Last week Lotus confirmed that Peter Horbury - a famed British designer with more than four decades of experience under his belt - had been appointed its Senior Vice President of Design. Given that he'd already held the same position for Geely Auto, and therefore supervised the work of its subsidiary brands, it's safe to assume that Horbury is a fan of Lotus's recent output - now he has the job of directly overseeing a product rollout that promises to reconfigure the brand as a Porsche-like market presence.
It is quite the brief, and it will take some deft handiwork with the magic markers to ensure that future electric SUVs seem like genuine Lotus products and not merely sales volume generators. Fortunately he can rely on an impressive back room staff, with Russell Carr and Ben Payne (responsible for Lotus's Coventry studio) both on hand to help with a formidable in-tray.
Certainly the new boss owes Carr a pint for the new Emira. Lotus's all-singing replacement for the Evora, Elise and Exige - not to mention its last combustion engined model ever - needed to leave the gate like a rocket, and common consensus suggests it has. Much more so than the ultra-rare Evija, the Emira sets the tone for future Geely-bankrolled output, making its near-term success vitally important to a brand trying to reinvent itself in a way that is sympathetic to its shadow-casting past.
"We want it to be modern, beautiful, memorable, thrilling to look at - but also recognisable as a Lotus," Carr says pointedly in a video devoted to the subject of the new model's design. He has talked previously about not just making a Lotus that seemed shrink-wrapped around its components, but also hunkered down on its wheels - and reiterates here just how important those larger alloys are to the Emira's terrific stance.
He continues: "So with Emira what we were trying to do is really create a car that had the visual appeal of a supercar, but in [the] category of sports cars." This is the thread found in much of Carr's previous efforts - not least the Evora - but it is arguably brought to impressive fruition in the Emira. Few truly compact models have done a better job of downsizing the exotic appeal of a supercar in something predominately aimed at the slightly less well-heeled.

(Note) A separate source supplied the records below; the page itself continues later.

//! Histories that are written as texts.

use super::crossing::{KINDS, made_of};
use super::writers::Trickle;
use super::{LIST, SETS};
use ra_history_text::{Item, Names, Reading, check};
use ra_history_writer::{WriteFault, write_history};
use ra_journal::MOST_ENTRIES;
use ra_labels::{Cause, Command, Elements, Kind, Op, Reply};
use ra_monitor::{Monitor, Report, Reporter};
use std::alloc::{AllocError, Global};
use std::process::Abort;

// A test case: a text that is reported, and the text that is written.
struct Row {
    // All names in the end, and the number of the initial ones.
    names: &'static [&'static str],
    first: u8,
    kind: Kind,
    told: &'static str,
    written: &'static str,
}

const ABC: &[&str] = &["a", "b", "c"];

// The accepted lines of the sets: all but the delivery that comes too early.
const ACCEPTED: &str = "RAH 1 orset
replicas a b c
a add 4 #1
b got 0
b remove 4 #1
a add 4 #2
c got 0
c got 1
c got 2
c read 4
";

/// Two replicas, and one that joins. Rejected joins are not written, nor is the delivery of a label that the new
/// replica has.
pub const JOINED: &str = "RAH 2 counter
replicas a b
a inc
join c a
c read 1
join c b
join d e
c got 0
b read 0
";

const SEVENTEEN: [&str; 17] = [
    "a", "b", "c", "d", "e", "f", "g", "h", "i", "j", "k", "l", "m", "n", "o", "p", "q",
];

const SIXTEEN: [&str; 16] = [
    "a", "b", "c", "d", "e", "f", "g", "h", "i", "j", "k", "l", "m", "n", "o", "p",
];

const SIXTY_FOUR: [&str; 64] = [
    "n0", "n1", "n2", "n3", "n4", "n5", "n6", "n7", "n8", "n9", "n10", "n11", "n12", "n13", "n14",
    "n15", "n16", "n17", "n18", "n19", "n20", "n21", "n22", "n23", "n24", "n25", "n26", "n27",
    "n28", "n29", "n30", "n31", "n32", "n33", "n34", "n35", "n36", "n37", "n38", "n39", "n40",
    "n41", "n42", "n43", "n44", "n45", "n46", "n47", "n48", "n49", "n50", "n51", "n52", "n53",
    "n54", "n55", "n56", "n57", "n58", "n59", "n60", "n61", "n62", "n63",
];

/// The text with the largest number of initial replicas.
pub const OF_SIXTY_FOUR: &str =
    "RAH 2 rga\nreplicas n0 n1 n2 n3 n4 n5 n6 n7 n8 n9 n10 n11 n12 n13 n14 n15 n16 n17 n18 n19 n20 n21 \
    n22 n23 n24 n25 n26 n27 n28 n29 n30 n31 n32 n33 n34 n35 n36 n37 n38 n39 n40 n41 n42 \
    n43 n44 n45 n46 n47 n48 n49 n50 n51 n52 n53 n54 n55 n56 n57 n58 n59 n60 n61 n62 n63\n";

// Rejected commands are not written, nor are verdicts and lines after a violation.
static ROWS: [Row; 20] = [
    Row {
        names: ABC,
        first: 3,
        kind: Kind::OrSet,
        told: SETS,
        written: ACCEPTED,
    },
    Row {
        names: ABC,
        first: 3,
        kind: Kind::Counter,
        told: "RAH 1 counter\nreplicas a b c\na inc\nb read 1\na inc\nverdict\n",
        written: "RAH 1 counter\nreplicas a b c\na inc\nb read 1\n",
    },
    Row {
        names: ABC,
        first: 3,
        kind: Kind::Counter,
        told: "RAH 1 counter\nreplicas a b c\na inc\nb dec\nc got 1\nverdict\nc read -1\n",
        written: "RAH 1 counter\nreplicas a b c\na inc\nb dec\nc got 1\nc read -1\n",
    },
    Row {
        names: ABC,
        first: 3,
        kind: Kind::Register,
        told: "RAH 1 register\nreplicas a b c\na inc\na write 7\na read none\nb got 0\nb got 1\n\
a write 7 @1\na got 1\na read 7\n",
        written: "RAH 1 register\nreplicas a b c\na read none\na write 7 @1\na read 7\n",
    },
    Row {
        names: ABC,
        first: 3,
        kind: Kind::Register,
        told: "RAH 1 register\nreplicas a b c\na write 7 @5\na write 8 @4\na write 9 @6\n",
        written: "RAH 1 register\nreplicas a b c\na write 7 @5\na write 8 @4\n",
    },
    Row {
        names: ABC,
        first: 3,
        kind: Kind::LwwSet,
        told: "RAH 1 lwwset\nreplicas a b c\na add 4 @2\nb remove 4 @1\nb remove 9 @3\n\
c got 0\nc got 1\nc read 4\nc read -\n",
        written: "RAH 1 lwwset\nreplicas a b c\na add 4 @2\nb remove 4 @1\nb remove 9 @3\n\
c got 0\nc got 1\nc read 4\nc read -\n",
    },
    Row {
        names: ABC,
        first: 3,
        kind: Kind::OrSet,
        told: "RAH 1 orset\nreplicas a b c\na add 4 #1\nb add 5 #1\nb remove 4 #-\na read 4,4\n",
        written: "RAH 1 orset\nreplicas a b c\na add 4 #1\nb remove 4 #-\n",
    },
    Row {
        names: ABC,
        first: 3,
        kind: Kind::Rga,
        told: LIST,
        written: LIST,
    },
    Row {
        names: ABC,
        first: 3,
        kind: Kind::Rga,
        told: "RAH 1 rga\nreplicas a b c\na after 0 1 @1\na remove 1\nb got 0\nb after 1 2 @2\n\
c got 0\nc got 1\nc got 2\nc read 2\n",
        written: "RAH 1 rga\nreplicas a b c\na after 0 1 @1\na remove 1\nb got 0\nb after 1 2 @2\n\
c got 0\nc got 1\nc got 2\nc read 2\n",
    },
    Row {
        names: ABC,
        first: 3,
        kind: Kind::Rga,
        told: "RAH 1 rga\nreplicas a b c\na after 3 4 @1\na remove 4\n",
        written: "RAH 1 rga\nreplicas a b c\na after 3 4 @1\n",
    },
    Row {
        names: ABC,
        first: 3,
        kind: Kind::List,
        told: "RAH 1 list\nreplicas a b c\na insert 0 1 0\na insert 1 2 0\nb got 0\nb insert 0 3 1\na got 2\n\
a read 3,1,2\nb after 0 9 @1\na remove 2\na insert 3 4 1 @1\na part 1\nb insert 3 5 1\n",
        written: "RAH 1 list\nreplicas a b c\na insert 0 1 0\na insert 1 2 0\nb got 0\nb insert 0 3 1\na got 2\n\
a read 3,1,2\na remove 2\na part 1\nb insert 3 5 1\n",
    },
    Row {
        names: ABC,
        first: 3,
        kind: Kind::List,
        told: "RAH 1 list\nreplicas a b c\na insert 0 1 0\na insert 1 2 0\na read 2,1\na read 1,2\n",
        written: "RAH 1 list\nreplicas a b c\na insert 0 1 0\na insert 1 2 0\na read 2,1\n",
    },
    Row {
        names: ABC,
        first: 3,
        kind: Kind::Any,
        told: "RAH 1 any\nreplicas a b c\na update\nb got 0\na read 7\nb read 7\nb write 3\nb update @1\nb update\n\
a got 0\na got 3\nb read 7\na read 9\nverdict\n",
        written: "RAH 1 any\nreplicas a b c\na update\nb got 0\na read 7\nb read 7\nb update\na got 3\nb read 7\n\
a read 9\n",
    },
    Row {
        names: ABC,
        first: 3,
        kind: Kind::MvRegister,
        told: "RAH 1 mvregister\nreplicas a b c\na write 7\nb write 5\nb got 0\nb read 5,7\nb read 7,5\na inc\n\
b write 9 @1\nb write 9\na got 1\na got 3\na read 9\nc read -\na read 7\n",
        written: "RAH 1 mvregister\nreplicas a b c\na write 7\nb write 5\nb got 0\nb read 5,7\nb write 9\na got 1\n\
a got 3\na read 9\nc read -\na read 7\n",
    },
    Row {
        names: ABC,
        first: 3,
        kind: Kind::Counter,
        told: "RAH 1 counter\nreplicas a b c\n",
        written: "RAH 1 counter\nreplicas a b c\n",
    },
    // Names are those of the initial replicas, followed by those that joined.
    Row {
        names: ABC,
        first: 2,
        kind: Kind::Counter,
        told: JOINED,
        written: "RAH 2 counter\nreplicas a b\na inc\njoin c a\nc read 1\nb read 0\n",
    },
    // A rejected join is not written, so RAH 1 suffices.
    Row {
        names: &["a", "b"],
        first: 2,
        kind: Kind::Counter,
        told: "RAH 2 counter\nreplicas a b\njoin a b\na inc\njoin c d\n",
        written: "RAH 1 counter\nreplicas a b\na inc\n",
    },
    // More than 16 initial replicas, up to 64, are written in RAH 2, and 16 in RAH 1.
    Row {
        names: &SIXTY_FOUR,
        first: 64,
        kind: Kind::Rga,
        told: OF_SIXTY_FOUR,
        written: OF_SIXTY_FOUR,
    },
    Row {
        names: &SEVENTEEN,
        first: 17,
        kind: Kind::Rga,
        told: "RAH 2 rga\nreplicas a b c d e f g h i j k l m n o p q\n",
        written: "RAH 2 rga\nreplicas a b c d e f g h i j k l m n o p q\n",
    },
    Row {
        names: &SIXTEEN,
        first: 16,
        kind: Kind::Rga,
        told: "RAH 2 rga\nreplicas a b c d e f g h i j k l m n o p\n",
        written: "RAH 1 rga\nreplicas a b c d e f g h i j k l m n o p\n",
    },
];

#[test]
fn histories_are_written_and_checked_again(rt: HostRuntime) {
    for row in &ROWS {
        is_written(&rt, rt.alloc(), row);
    }
}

Obviously Carr is keen to point out some interesting details amid the generalities (and who wouldn't revel in the fact that the tailpipe perforations are shaped to mimic the Lotus badge) but mostly the video is about reinforcing that the "car looks athletic and agile - because that's the way it drives." If Lotus manages to stick to this overriding theme under Horbury's leadership, we've every reason to be hopeful about its wilfully assertive new direction.